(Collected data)
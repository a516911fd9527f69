// The top call of an audit: words and streams in, a status out.
#![tactic(auto)]

mod complaint;
mod line;
mod program;

pub use line::line_of;
pub use program::{AuditStatus, playaudit};
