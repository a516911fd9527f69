// What playaudit tells the complaints of each status.
ghost use Rattle.program_playaudit.specs.Statuses.{complaint};
ghost use Rattle.program_shell.specs.Complaints.{IsComplained, IsTold};

use crate::program::AuditStatus;
use link_traits::{Sink, WriteFault};
use program_shell::{Status, complain, told};

// Writes the line of a status other than `Ok` and `Refused`.
fn write_complaint<E: Sink>(complaints: &mut E, status: &AuditStatus) -> Result<(), WriteFault>
    ensures { IsComplained (complaint status.now) (E.takes complaints.old) (E.takes complaints.new) result }
{
    match status {
        Status::Ok => Ok(()),
        Status::Refused(_) => Ok(()),
        Status::Usage => complain(complaints, b"playaudit: fault 1", b""),
        Status::ReadFault => complain(complaints, b"playaudit: fault 3", b""),
        Status::WriteFault => complain(complaints, b"playaudit: fault 4", b""),
        Status::OutOfMemory => complain(complaints, b"playaudit: fault 5", b""),
        Status::InputTooLong => complain(complaints, b"playaudit: fault 6", b""),
        Status::OwnFault => complain(complaints, b"playaudit: fault 7", b""),
    }
}

// Tells a status to the complaints, and gives the answer.
pub(crate) fn tell<E: Sink>(status: AuditStatus, complaints: &mut E) -> AuditStatus
    ensures { IsTold (complaint status) (E.takes complaints.old) (E.takes complaints.new) status result }
{
    let complained = write_complaint(complaints, &status);
    told(status, complained)
}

EXERCISE →
Copy each line of the data that contains the word "IsComplained", leaving the other lines out.

RESULT →
ghost use Rattle.program_shell.specs.Complaints.{IsComplained, IsTold};
    ensures { IsComplained (complaint status.now) (E.takes complaints.old) (E.takes complaints.new) result }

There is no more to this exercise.